The problem: Output the records in full, exactly as given.

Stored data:
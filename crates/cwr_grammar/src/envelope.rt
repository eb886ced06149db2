use cwr_record::Header;

/// What a well-formed file has beside its transactions.
#[derive(Clone, Copy, Debug)]
pub struct Envelope {
    /// The file's head, HDR.
    pub header: Header,
    /// How many groups the file has.
    pub groups: u32,
    /// How many records the file has, its header and its trailer included.
    pub records: u32,
}
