//! Laws of the definitions alone.
//!
//! A law is a function that does nothing. Its contract is what is proved.

ghost use Rattle.std.specs.Prelude.{◌≡◌, ◌⊎◌, ℕ, List, Some, true};
ghost use Rattle.cwr_record.specs.Layout.{StandsFor};
ghost use Rattle.cwr_record.specs.Control as control;
ghost use Rattle.cwr_record.specs.Works as works;
ghost use Rattle.cwr_record.specs.Publishers as publishers;
ghost use Rattle.cwr_record.specs.Writers as writers;
ghost use Rattle.cwr_record.specs.declared.control.Header.{Header};
ghost use Rattle.cwr_record.specs.declared.control.GroupHead.{GroupHead};
ghost use Rattle.cwr_record.specs.declared.control.GroupTrailer.{GroupTrailer};
ghost use Rattle.cwr_record.specs.declared.control.FileTrailer.{FileTrailer};
ghost use Rattle.cwr_record.specs.declared.works.WorkHead.{WorkHead};
ghost use Rattle.cwr_record.specs.declared.works.AltTitle.{AltTitle};
ghost use Rattle.cwr_record.specs.declared.works.CrossRef.{CrossRef};
ghost use Rattle.cwr_record.specs.declared.publishers.Publisher.{Publisher};
ghost use Rattle.cwr_record.specs.declared.publishers.PublisherTerritory.{PublisherTerritory};
ghost use Rattle.cwr_record.specs.declared.writers.Writer.{Writer};
ghost use Rattle.cwr_record.specs.declared.writers.WriterTerritory.{WriterTerritory};
ghost use Rattle.cwr_record.specs.declared.writers.Link.{Link};
ghost use Rattle.cwr_grammar.specs.declared.role.Role.TheVariants as role;
ghost use Rattle.cwr_grammar.specs.Faults.{IsFault, IsLeastFault};
ghost use Rattle.cwr_grammar.specs.File.{File, IsFile};
ghost use Rattle.cwr_grammar.specs.FirstFault.{first_fault};
ghost use Rattle.cwr_record.specs.Kinds.{work_kind_named};
ghost use Rattle.cwr_grammar.specs.Roles.{role_of};

/// One fault or one reading, never both. Lines that stand for a file stand for exactly one, which has a header line and
/// groups, and then there is no fault at all. All other lines have a first fault.
pub fn one_fault_or_one_reading()
    ensures some { (text : List (List ℕ)) → ((line : ℕ) × (number : ℕ) × IsLeastFault text line number) ⊎ ((f : File) × IsFile text f) }
    ensures one_fault { (text : List (List ℕ)) (k n j m : ℕ) → IsLeastFault text k n → IsLeastFault text j m → (k ≡ j) × (n ≡ m) }
    ensures one_reading { (text : List (List ℕ)) (f g : File) → IsFile text f → IsFile text g → f ≡ g }
    ensures never_both { (text : List (List ℕ)) (f : File) (line number : ℕ) → IsFile text f → IsFault text line number → ⊥ }
{}

/// The first fault that is computed line by line is the least of all faults.
pub fn first_fault_is_least()
    ensures { (text : List (List ℕ)) (line number : ℕ) → first_fault text ≡ Some (line, number) → IsLeastFault text line number }
{}

/// The role of a line that stands for a control record has the group id and the counts of that record. A file header's
/// dates and time are valid.
pub fn control_records_are_read()
    ensures header { (line : List ℕ) (x : Header) → StandsFor control.header line x → role_of line ≡ role.FileHeader true }
    ensures group_head { (line : List ℕ) (x : GroupHead) → StandsFor control.group_head line x → role_of line ≡ role.GroupHeader (work_kind_named x.transaction_type) (Some x.group) }
    ensures group_trailer { (line : List ℕ) (x : GroupTrailer) → StandsFor control.group_trailer line x → role_of line ≡ role.GroupTrailer (Some x.group) (Some x.transactions) (Some x.records) }
    ensures file_trailer { (line : List ℕ) (x : FileTrailer) → StandsFor control.file_trailer line x → role_of line ≡ role.FileTrailer (Some x.groups) (Some x.transactions) (Some x.records) }
{}

/// The role of a line that stands for a record of a registration has the transaction and the record sequence of that
/// record. The role of its head also has the kind.
pub fn sequences_are_read()
    ensures head { (line : List ℕ) (x : WorkHead) → StandsFor works.work_head line x → role_of line ≡ role.TransactionHeader (Some x.kind) (Some x.prefix.transaction) (Some x.prefix.detail) }
    ensures publisher { (line : List ℕ) (x : Publisher) → StandsFor publishers.publisher line x → role_of line ≡ role.Detail (Some x.prefix.transaction) (Some x.prefix.detail) }
    ensures publisher_territory { (line : List ℕ) (x : PublisherTerritory) → StandsFor publishers.publisher_territory line x → role_of line ≡ role.Detail (Some x.prefix.transaction) (Some x.prefix.detail) }
    ensures writer { (line : List ℕ) (x : Writer) → StandsFor writers.writer line x → role_of line ≡ role.Detail (Some x.prefix.transaction) (Some x.prefix.detail) }
    ensures writer_territory { (line : List ℕ) (x : WriterTerritory) → StandsFor writers.writer_territory line x → role_of line ≡ role.Detail (Some x.prefix.transaction) (Some x.prefix.detail) }
    ensures link { (line : List ℕ) (x : Link) → StandsFor writers.link line x → role_of line ≡ role.Detail (Some x.prefix.transaction) (Some x.prefix.detail) }
    ensures alt_title { (line : List ℕ) (x : AltTitle) → StandsFor works.alt_title line x → role_of line ≡ role.Detail (Some x.prefix.transaction) (Some x.prefix.detail) }
    ensures cross_ref { (line : List ℕ) (x : CrossRef) → StandsFor works.cross_ref line x → role_of line ≡ role.Detail (Some x.prefix.transaction) (Some x.prefix.detail) }
{}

Response area:
filename crates/cwr_grammar/src/envelope.rt
repository eb886ced06149db2
use cwr_record::Header;

/// What a well-formed file has beside its transactions.
#[derive(Clone, Copy, Debug)]
pub struct Envelope {
    /// The file's head, HDR.
    pub header: Header,
    /// How many groups the file has.
    pub groups: u32,
    /// How many records the file has, its header and its trailer included.
    pub records: u32,
}
//! Laws of the definitions alone.
//!
//! A law is a function that does nothing. Its contract is what is proved.

ghost use Rattle.std.specs.Prelude.{◌≡◌, ◌⊎◌, ℕ, List, Some, true};
ghost use Rattle.cwr_record.specs.Layout.{StandsFor};
ghost use Rattle.cwr_record.specs.Control as control;
ghost use Rattle.cwr_record.specs.Works as works;
ghost use Rattle.cwr_record.specs.Publishers as publishers;
ghost use Rattle.cwr_record.specs.Writers as writers;
ghost use Rattle.cwr_record.specs.declared.control.Header.{Header};
ghost use Rattle.cwr_record.specs.declared.control.GroupHead.{GroupHead};
ghost use Rattle.cwr_record.specs.declared.control.GroupTrailer.{GroupTrailer};
ghost use Rattle.cwr_record.specs.declared.control.FileTrailer.{FileTrailer};
ghost use Rattle.cwr_record.specs.declared.works.WorkHead.{WorkHead};
ghost use Rattle.cwr_record.specs.declared.works.AltTitle.{AltTitle};
ghost use Rattle.cwr_record.specs.declared.works.CrossRef.{CrossRef};
ghost use Rattle.cwr_record.specs.declared.publishers.Publisher.{Publisher};
ghost use Rattle.cwr_record.specs.declared.publishers.PublisherTerritory.{PublisherTerritory};
ghost use Rattle.cwr_record.specs.declared.writers.Writer.{Writer};
ghost use Rattle.cwr_record.specs.declared.writers.WriterTerritory.{WriterTerritory};
ghost use Rattle.cwr_record.specs.declared.writers.Link.{Link};
ghost use Rattle.cwr_grammar.specs.declared.role.Role.TheVariants as role;
ghost use Rattle.cwr_grammar.specs.Faults.{IsFault, IsLeastFault};
ghost use Rattle.cwr_grammar.specs.File.{File, IsFile};
ghost use Rattle.cwr_grammar.specs.FirstFault.{first_fault};
ghost use Rattle.cwr_record.specs.Kinds.{work_kind_named};
ghost use Rattle.cwr_grammar.specs.Roles.{role_of};

/// One fault or one reading, never both. Lines that stand for a file stand for exactly one, which has a header line and
/// groups, and then there is no fault at all. All other lines have a first fault.
pub fn one_fault_or_one_reading()
    ensures some { (text : List (List ℕ)) → ((line : ℕ) × (number : ℕ) × IsLeastFault text line number) ⊎ ((f : File) × IsFile text f) }
    ensures one_fault { (text : List (List ℕ)) (k n j m : ℕ) → IsLeastFault text k n → IsLeastFault text j m → (k ≡ j) × (n ≡ m) }
    ensures one_reading { (text : List (List ℕ)) (f g : File) → IsFile text f → IsFile text g → f ≡ g }
    ensures never_both { (text : List (List ℕ)) (f : File) (line number : ℕ) → IsFile text f → IsFault text line number → ⊥ }
{}

/// The first fault that is computed line by line is the least of all faults.
pub fn first_fault_is_least()
    ensures { (text : List (List ℕ)) (line number : ℕ) → first_fault text ≡ Some (line, number) → IsLeastFault text line number }
{}

/// The role of a line that stands for a control record has the group id and the counts of that record. A file header's
/// dates and time are valid.
pub fn control_records_are_read()
    ensures header { (line : List ℕ) (x : Header) → StandsFor control.header line x → role_of line ≡ role.FileHeader true }
    ensures group_head { (line : List ℕ) (x : GroupHead) → StandsFor control.group_head line x → role_of line ≡ role.GroupHeader (work_kind_named x.transaction_type) (Some x.group) }
    ensures group_trailer { (line : List ℕ) (x : GroupTrailer) → StandsFor control.group_trailer line x → role_of line ≡ role.GroupTrailer (Some x.group) (Some x.transactions) (Some x.records) }
    ensures file_trailer { (line : List ℕ) (x : FileTrailer) → StandsFor control.file_trailer line x → role_of line ≡ role.FileTrailer (Some x.groups) (Some x.transactions) (Some x.records) }
{}

/// The role of a line that stands for a record of a registration has the transaction and the record sequence of that
/// record. The role of its head also has the kind.
pub fn sequences_are_read()
    ensures head { (line : List ℕ) (x : WorkHead) → StandsFor works.work_head line x → role_of line ≡ role.TransactionHeader (Some x.kind) (Some x.prefix.transaction) (Some x.prefix.detail) }
    ensures publisher { (line : List ℕ) (x : Publisher) → StandsFor publishers.publisher line x → role_of line ≡ role.Detail (Some x.prefix.transaction) (Some x.prefix.detail) }
    ensures publisher_territory { (line : List ℕ) (x : PublisherTerritory) → StandsFor publishers.publisher_territory line x → role_of line ≡ role.Detail (Some x.prefix.transaction) (Some x.prefix.detail) }
    ensures writer { (line : List ℕ) (x : Writer) → StandsFor writers.writer line x → role_of line ≡ role.Detail (Some x.prefix.transaction) (Some x.prefix.detail) }
    ensures writer_territory { (line : List ℕ) (x : WriterTerritory) → StandsFor writers.writer_territory line x → role_of line ≡ role.Detail (Some x.prefix.transaction) (Some x.prefix.detail) }
    ensures link { (line : List ℕ) (x : Link) → StandsFor writers.link line x → role_of line ≡ role.Detail (Some x.prefix.transaction) (Some x.prefix.detail) }
    ensures alt_title { (line : List ℕ) (x : AltTitle) → StandsFor works.alt_title line x → role_of line ≡ role.Detail (Some x.prefix.transaction) (Some x.prefix.detail) }
    ensures cross_ref { (line : List ℕ) (x : CrossRef) → StandsFor works.cross_ref line x → role_of line ≡ role.Detail (Some x.prefix.transaction) (Some x.prefix.detail) }
{}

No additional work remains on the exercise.